Certainly, if the Department of Foreign Affairs really had discovered the courage of its conviction for universal human rights, no constituency would be more delighted than the pro-life movement. But, as Landolt rightly observes, the language of “human rights” is merely being mobilized to mask outright advocacy (and possible financial shenanigans) on a single issue in a single region. China’s horrific abuse of women, for example – from the forced abortions imposed upon mothers to the genocide of a generation of their daughters – is not atop of the Department’s desk; nor is the barbarous treatment of homosexuals in nations where Sharia law is enshrined. For some reason, however, propagating the gospel of gay rights in Africa has suddenly become a priority of Canada’s foreign policy.
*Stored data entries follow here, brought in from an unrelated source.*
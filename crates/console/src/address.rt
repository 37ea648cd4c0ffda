// The hub's own address as it is typed, and words where it is not one.
use crate::say;
use crate::say::Command;
use crate::status::NotDone;
use calls::digit;
use refusals::Refusal;
use std::io::Print;

// The address as 3D or 0x3D.
pub fn of_word(word: &[u8]) -> Option<u8> {
    match word {
        [high, low] | [b'0', b'x', high, low] => {
            let high = digit::value(*high)?;
            let low = digit::value(*low)?;
            Some(high << 4 | low)
        }
        _ => None,
    }
}

// Says how an address is typed.
pub fn say_form(command: Command) -> NotDone {
    say::words(
        command,
        b"give the hub's address as two hex digits, as in 3D or 0x3D\n",
    );
    NotDone::Failed
}

// Says what range an address has; of one with 8 bits, as data sheets print them, what its 7 bits are.
fn say_range(command: Command, address: u8) {
    let range = "the hub's address has 7 bits and lies in 08 to 77";
    if 0x77 < address {
        let seven = address / 2;
        say::formatted(
            command,
            format_args!("{range}; of {address:02X} in 8 bits they are {seven:02X}\n"),
        );
    } else {
        say::formatted(command, format_args!("{range}\n"));
    }
}

// Says that no hub has the address, under the refusal's number.
pub fn refuse(rt: &impl Print, command: Command, address: u8, number: u8) -> NotDone {
    match say::refusal(rt, number.into()) {
        Ok(()) => {
            say_range(command, address);
            NotDone::Refused
        }
        Err(error) => say::output_unwritten(command, error),
    }
}

// The same, for a reason that has a number.
pub fn refused<E: Refusal>(rt: &impl Print, command: Command, address: u8, reason: E) -> NotDone {
    refuse(rt, command, address, reason.number())
}
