// The answers of `ecc`, `packing`, `unpacking`, `csi2` and `reader` as numbers of 64 bits.
ghost use Rattle.std.specs.Prelude.{◌≡◌, ◌+◌, ◌*◌, ◌^◌};
ghost use Rattle.laws.specs.Reply.{on_reply, reply_by};
ghost use Rattle.ecc.specs.HeaderCorrection.{uncorrectable_number};
ghost use Rattle.reader.specs.Reader.{packet_refusal_number};
ghost use Rattle.exports.specs.Numbers.{reply_number, corrected_number, correction_number, packet_number};

use ecc::{ReadHeader, Uncorrectable};
use reader::{Packet, PacketRefusal};
use refusals::Refusal;

// A refusal: its number in the top byte.
fn of_refusal<E: Refusal>(refusal: E) -> u64
    ensures { result ≡ E.number refusal * 2 ^ 56 }
{
    (refusal.number() as u64) * 0x100000000000000
}

// The bit that was wrong, counted from 1, or 0 for none.
fn of_corrected(corrected: Option<u8>) -> u16
    ensures { result ≡ corrected_number corrected }
{
    match corrected {
        None => 0,
        Some(bit) => 1 + (bit as u16),
    }
}

// A header's four bytes, and the bit above them.
fn with_bit(header: u32, bit: u16) -> u64
    ensures { result ≡ header + 2 ^ 32 * bit }
{
    (header as u64) + 0x100000000 * (bit as u64)
}

// An identifier, the word count above it, and the bit above that.
fn with_count(identifier: u8, count: u16, bit: u16) -> u64
    ensures { result ≡ identifier + 2 ^ 8 * count + 2 ^ 24 * bit }
{
    (identifier as u64) + 0x100 * (count as u64) + 0x1000000 * (bit as u64)
}

// What a header is read as.
pub(crate) fn of_correction(answer: Result<ReadHeader, Uncorrectable>) -> u64
    ensures { result ≡ reply_number (on_reply correction_number (reply_by uncorrectable_number answer)) }
{
    match answer {
        Ok(read) => with_bit(read.header, of_corrected(read.corrected)),
        Err(refusal) => of_refusal(refusal),
    }
}

// How many bytes were packed or written, or pixels unpacked.
pub(crate) fn of_count<E: Refusal>(answer: Result<usize, E>) -> u64
    ensures { result ≡ reply_number (reply_by E.number answer) }
{
    match answer {
        Ok(count) => count as u64,
        Err(refusal) => of_refusal(refusal),
    }
}

// What a packet's header says.
pub(crate) fn of_packet(answer: Result<Packet, PacketRefusal>) -> u64
    ensures { result ≡ reply_number (on_reply packet_number (reply_by packet_refusal_number answer)) }
{
    match answer {
        Ok(packet) => with_count(
            packet.data_identifier,
            packet.word_count,
            of_corrected(packet.corrected),
        ),
        Err(refusal) => of_refusal(refusal),
    }
}
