// Bytes of files and their names as they are shown on standard error: what would not be seen, by its number.
use crate::say::Stderr;
use buffers::text::lowercase_digit;
use std::fmt;
use std::fmt::Display;
use std::io::Write;

// Whether a byte is a letter, a digit or another sign of ASCII.
fn is_sign(byte: u8) -> bool {
    matches!(byte, b' '..=b'~')
}

// A byte by its number, in one piece.
fn number(byte: u8) -> [u8; 4] {
    [
        b'\\',
        b'x',
        lowercase_digit(byte / 16),
        lowercase_digit(byte),
    ]
}

// Text of which every byte matters: all but ASCII by its number.
#[derive(Clone, Copy)]
pub struct Text<'a>(pub &'a [u8]);

impl Display for Text<'_> {
    fn fmt<W: fmt::Write>(&self, f: &mut fmt::Formatter<W>) -> fmt::Result {
        for &byte in self.0 {
            if is_sign(byte) {
                write!(f, "{}", byte as char)?;
            } else {
                f.write_str(std::str::from_utf8(&number(byte)).unwrap_or(""))?;
            }
        }
        Ok(())
    }
}

// Whether a byte of a file's name is part of a control character, of ASCII or, after C2, of UTF-8.
fn is_control(before: u8, byte: u8) -> bool {
    if byte < 128 {
        return !is_sign(byte);
    }
    before == 0xC2 && byte < 160
}

// A file's name on standard error, control characters by their numbers; its other bytes need not be text.
pub fn name(bytes: &[u8]) {
    let mut before = 0;
    for &byte in bytes {
        if is_control(before, byte) {
            let _ = Stderr.write_all(&number(byte));
        } else {
            let _ = Stderr.write_all(&[byte]);
        }
        before = byte;
    }
}
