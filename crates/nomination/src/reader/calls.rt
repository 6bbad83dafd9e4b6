// Reading a text line by line.
ghost use Rattle.std.specs.Prelude.{◌≡◌, ◌≤◌, length};
ghost use Rattle.nomination.specs.LinesSeen.{line_shown};
ghost use Rattle.nomination.specs.Reading.{line_at, next_of};
ghost use Rattle.nomination.specs.RecordsSeen.{answer_seen};

use crate::fault::TextFault;
use crate::line::TextLine;
use crate::mark::Mark;
use crate::reader::LineReader;
use crate::record::Record;
use crate::search::find;

/// The most bytes that a text has.
const LONGEST_TEXT: usize = 65_536;

impl<'a> LineReader<'a> {
    /// A reader at the first line of a text.
    pub fn over(text: &'a [u8]) -> LineReader<'a>
        ensures text { result.text.now ≡ text.now }
        ensures at { result.at ≡ 0 }
        ensures line { result.line ≡ 1 }
    {
        LineReader {
            text,
            at: 0,
            line: 1,
        }
    }

    /// The record of the next line, none at the end of the file, or the text's fault.
    pub fn next(&mut self) -> Result<Option<Record<'a>>, TextFault>
        ensures answer { (answer_seen result, self.new.at, self.new.line) ≡ next_of self.old.text.now self.old.at self.old.line }
        ensures text { self.new.text.now ≡ self.old.text.now }
    {
        if self.text.len() > LONGEST_TEXT {
            return Err(TextFault::TooLong);
        }
        if self.is_done() && self.line > 1 {
            return Ok(None);
        }
        let line = self.next_line();
        let record = line.record()?;
        self.at += line.bytes.len() + 1;
        self.line += 1;
        Ok(Some(record))
    }

    /// The line that starts at its place, in a text that is not too long.
    fn next_line(&self) -> TextLine<'a>
        requires { length self.now.text.now ≤ 65536 }
        ensures line { line_shown result ≡ line_at self.now.text.now self.now.at }
        ensures at { result.at ≡ self.now.at }
        ensures number { result.number ≡ self.now.line }
    {
        let rest = &self.text[self.at..];
        let end = find(rest, Mark::LineEnd);
        TextLine {
            bytes: &rest[..end.unwrap_or(rest.len())],
            ended: end.is_some(),
            at: self.at,
            number: self.line,
        }
    }
}
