// What a text says, line by line.
ghost use Rattle.std.specs.Prelude.{◌≡◌, length, nat_le};
ghost use Rattle.std.specs.Option.{option_map};
ghost use Rattle.nomination.specs.Reading.{answer_read, said_next};
ghost use Rattle.nomination.specs.RecordsSeen.{answer_seen};
ghost use Rattle.nomination.specs.ValuesHeld.{values_said, said};

use crate::fault::TextFault;
use crate::reader::LineReader;
use crate::reading::read_values;
use crate::record::Record;
use crate::values::Values;

impl LineReader<'_> {
    /// The number of the next line.
    pub fn line(&self) -> usize
        ensures { result ≡ self.now.line }
    {
        self.line
    }

    /// Whether nothing of the text is left.
    pub fn is_done(&self) -> bool
        ensures { result ≡ nat_le (length self.now.text.now) self.now.at }
    {
        self.at >= self.text.len()
    }

    /// What the next line says, none at the end of the file, or the text's fault.
    pub fn next_values(&mut self) -> Result<Option<Values>, TextFault>
        ensures answer { (said (option_map values_said) result, self.new.at, self.new.line) ≡ said_next self.old.text.now self.old.at self.old.line }
        ensures text { self.new.text.now ≡ self.old.text.now }
    {
        let line = self.line;
        read_next(self.next(), line)
    }
}

/// What a reader's answer at a line says.
fn read_next(
    next: Result<Option<Record<'_>>, TextFault>,
    line: usize,
) -> Result<Option<Values>, TextFault>
    ensures { said (option_map values_said) result ≡ answer_read line (answer_seen next.entry) }
{
    next?.map(|record| read_values(record, line)).transpose()
}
The response to Landolt’s reasonable questions has, so far, been willful misunderstanding. Not only have her critics lazily affirmed the preposterous fiction that socially liberal activists represent “Canadian values;” since homosexual acts are capital crimes in certain parts of Africa, her critics have outrageously slandered her as an apologist for murder.

This ridiculous canard obscures the fact that advocacy for “gay rights” is much more about the promotion of a lifestyle than it is about the protection of human life. But, more importantly, these scurrilous charges have obscured the very questions which Landolt poses: why is “gay rights” at the top of this department’s agenda? And how has the money funneled to a handful of activist NGOs been spent? At a time when much smaller sums misspent by senators have captured the public’s imagination (and provoked its ire), one would think that Landolt’s questions would be welcome; but, not only have they been ignored, the media has taken aim at the innocent messenger.

Although the ideology implied in the phrase, the “white man’s burden,” has been completely repudiated, a new kind of colonialism – one which dare not speak its name – is being practised through the soft imperialism of foreign aid with strings attached. Why the Department of Foreign Affairs has decided that Canada should shoulder the “gay man’s burden” is a pressing question which deserves an answer. Landolt’s critics, however, have made this answer all the more difficult to attain.